Stored data entries:
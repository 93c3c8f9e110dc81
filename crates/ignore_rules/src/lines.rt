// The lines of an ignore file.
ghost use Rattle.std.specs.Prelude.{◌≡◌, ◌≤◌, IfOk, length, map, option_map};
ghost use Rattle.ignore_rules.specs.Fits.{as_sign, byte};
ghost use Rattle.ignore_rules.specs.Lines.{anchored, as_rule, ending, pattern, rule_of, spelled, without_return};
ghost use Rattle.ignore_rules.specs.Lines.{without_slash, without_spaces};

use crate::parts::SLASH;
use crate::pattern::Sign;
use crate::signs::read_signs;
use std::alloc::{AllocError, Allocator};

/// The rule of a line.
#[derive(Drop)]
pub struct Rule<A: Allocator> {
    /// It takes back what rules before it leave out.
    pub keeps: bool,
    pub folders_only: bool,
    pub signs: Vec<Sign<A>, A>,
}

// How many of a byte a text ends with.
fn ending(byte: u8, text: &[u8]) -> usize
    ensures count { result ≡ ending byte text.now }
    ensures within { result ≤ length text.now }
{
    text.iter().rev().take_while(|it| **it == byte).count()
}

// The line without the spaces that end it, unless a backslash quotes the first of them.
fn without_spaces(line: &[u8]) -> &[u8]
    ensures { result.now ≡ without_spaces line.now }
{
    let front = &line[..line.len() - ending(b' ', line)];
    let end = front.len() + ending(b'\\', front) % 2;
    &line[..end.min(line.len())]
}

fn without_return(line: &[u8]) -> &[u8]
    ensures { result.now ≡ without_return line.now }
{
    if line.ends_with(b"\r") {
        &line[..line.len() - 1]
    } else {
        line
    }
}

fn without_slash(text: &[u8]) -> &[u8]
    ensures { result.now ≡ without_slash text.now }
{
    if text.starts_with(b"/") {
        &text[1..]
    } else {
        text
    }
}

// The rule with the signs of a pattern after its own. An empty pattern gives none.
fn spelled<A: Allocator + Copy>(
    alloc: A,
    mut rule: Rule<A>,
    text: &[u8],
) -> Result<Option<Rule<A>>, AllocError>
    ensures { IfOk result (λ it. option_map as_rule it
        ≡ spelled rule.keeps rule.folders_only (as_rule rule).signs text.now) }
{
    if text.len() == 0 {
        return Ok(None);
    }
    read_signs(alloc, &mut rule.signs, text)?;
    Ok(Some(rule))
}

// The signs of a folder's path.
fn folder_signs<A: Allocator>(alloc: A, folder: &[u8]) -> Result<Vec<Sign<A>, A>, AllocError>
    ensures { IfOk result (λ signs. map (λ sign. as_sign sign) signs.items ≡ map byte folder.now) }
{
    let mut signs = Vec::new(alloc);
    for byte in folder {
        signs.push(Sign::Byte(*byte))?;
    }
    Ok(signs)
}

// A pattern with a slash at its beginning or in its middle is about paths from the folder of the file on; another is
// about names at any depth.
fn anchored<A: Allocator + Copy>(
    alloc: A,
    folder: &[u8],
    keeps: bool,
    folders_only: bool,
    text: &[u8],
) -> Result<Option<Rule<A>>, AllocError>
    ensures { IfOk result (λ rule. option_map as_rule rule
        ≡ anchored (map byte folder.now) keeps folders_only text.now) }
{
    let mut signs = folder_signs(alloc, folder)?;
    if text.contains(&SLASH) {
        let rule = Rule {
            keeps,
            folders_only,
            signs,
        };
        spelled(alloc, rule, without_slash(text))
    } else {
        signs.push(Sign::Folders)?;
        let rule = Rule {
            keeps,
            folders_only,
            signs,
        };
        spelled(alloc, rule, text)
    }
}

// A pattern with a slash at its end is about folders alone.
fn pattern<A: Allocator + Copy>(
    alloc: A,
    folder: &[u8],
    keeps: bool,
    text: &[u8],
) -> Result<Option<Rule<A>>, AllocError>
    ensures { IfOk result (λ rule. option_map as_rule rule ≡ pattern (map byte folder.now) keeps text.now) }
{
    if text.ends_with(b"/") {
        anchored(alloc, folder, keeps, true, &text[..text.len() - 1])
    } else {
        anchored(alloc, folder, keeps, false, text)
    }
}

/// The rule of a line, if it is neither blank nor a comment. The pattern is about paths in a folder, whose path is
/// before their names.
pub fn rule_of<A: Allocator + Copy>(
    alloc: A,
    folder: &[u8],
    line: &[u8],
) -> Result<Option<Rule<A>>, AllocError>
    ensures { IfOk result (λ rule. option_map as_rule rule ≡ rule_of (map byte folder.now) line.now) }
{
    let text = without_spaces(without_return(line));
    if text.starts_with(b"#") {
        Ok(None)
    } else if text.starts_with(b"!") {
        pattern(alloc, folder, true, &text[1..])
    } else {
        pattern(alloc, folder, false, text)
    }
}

Brief
Which lines in the data above hold the word "ghost"? Return each of them.

Exercise solution
ghost use Rattle.std.specs.Prelude.{◌≡◌, ◌≤◌, IfOk, length, map, option_map};
ghost use Rattle.ignore_rules.specs.Fits.{as_sign, byte};
ghost use Rattle.ignore_rules.specs.Lines.{anchored, as_rule, ending, pattern, rule_of, spelled, without_return};
ghost use Rattle.ignore_rules.specs.Lines.{without_slash, without_spaces};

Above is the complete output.